START Material shown

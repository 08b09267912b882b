//! How a replay ends.

use flat_policy::texts::{LineFault, SetupFault};
use std::alloc::AllocError;

/// How a replay ended. `Done` alone is success. Each other status displays as the line that a
/// program writes of it to standard error, without the newline.
#[derive(Clone, Copy, Debug, Drop, PartialEq, Eq, thiserror::Error)]
pub enum ReplayStatus {
    /// The input was read to its end and is answered, or the load was made.
    #[error("done")]
    Done,
    /// The words aren't those that the command takes.
    #[error("usage: clutch_replay [--load SEED --steps N]")]
    Usage,
    /// The setup line, which is line 1, has this fault first.
    #[error("bad setup: {what}")]
    BadSetup { what: SetupFault },
    /// This line, counted from 1, is the first that is outside the grammar or that the setup
    /// doesn't fit.
    #[error("bad line {line}: {what}")]
    BadLine { line: u64, what: LineFault },
    /// This line, counted from 1, is the first whose given answer isn't the machine's.
    #[error("answer differs on line {line}")]
    Differs { line: u64 },
    /// The input has more than 67,108,864 bytes.
    #[error("input too long")]
    TooLong,
    /// The source failed.
    #[error("read fault")]
    ReadFault,
    /// The sink failed.
    #[error("write fault")]
    WriteFault,
    /// Memory ran out.
    #[error("out of memory")]
    OutOfMemory,
}

impl From<AllocError> for ReplayStatus {
    ghost use Rattle.std.specs.Prelude.{◌≡◌};
    ghost use Rattle.trace_replay.specs.declared.status.ReplayStatus.TheVariants.{OutOfMemory};

    ghost from_gives = { λ _ e. e ≡ OutOfMemory };

    fn from(_error: AllocError) -> ReplayStatus {
        ReplayStatus::OutOfMemory
    }
}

END Material shown

§ Exercise brief
Repeat the full set of records above character for character.

§ Completed exercise
repository 08b09267912b882b
//! How a replay ends.

use flat_policy::texts::{LineFault, SetupFault};
use std::alloc::AllocError;

/// How a replay ended. `Done` alone is success. Each other status displays as the line that a
/// program writes of it to standard error, without the newline.
#[derive(Clone, Copy, Debug, Drop, PartialEq, Eq, thiserror::Error)]
pub enum ReplayStatus {
    /// The input was read to its end and is answered, or the load was made.
    #[error("done")]
    Done,
    /// The words aren't those that the command takes.
    #[error("usage: clutch_replay [--load SEED --steps N]")]
    Usage,
    /// The setup line, which is line 1, has this fault first.
    #[error("bad setup: {what}")]
    BadSetup { what: SetupFault },
    /// This line, counted from 1, is the first that is outside the grammar or that the setup
    /// doesn't fit.
    #[error("bad line {line}: {what}")]
    BadLine { line: u64, what: LineFault },
    /// This line, counted from 1, is the first whose given answer isn't the machine's.
    #[error("answer differs on line {line}")]
    Differs { line: u64 },
    /// The input has more than 67,108,864 bytes.
    #[error("input too long")]
    TooLong,
    /// The source failed.
    #[error("read fault")]
    ReadFault,
    /// The sink failed.
    #[error("write fault")]
    WriteFault,
    /// Memory ran out.
    #[error("out of memory")]
    OutOfMemory,
}

impl From<AllocError> for ReplayStatus {
    ghost use Rattle.std.specs.Prelude.{◌≡◌};
    ghost use Rattle.trace_replay.specs.declared.status.ReplayStatus.TheVariants.{OutOfMemory};

    ghost from_gives = { λ _ e. e ≡ OutOfMemory };

    fn from(_error: AllocError) -> ReplayStatus {
        ReplayStatus::OutOfMemory
    }
}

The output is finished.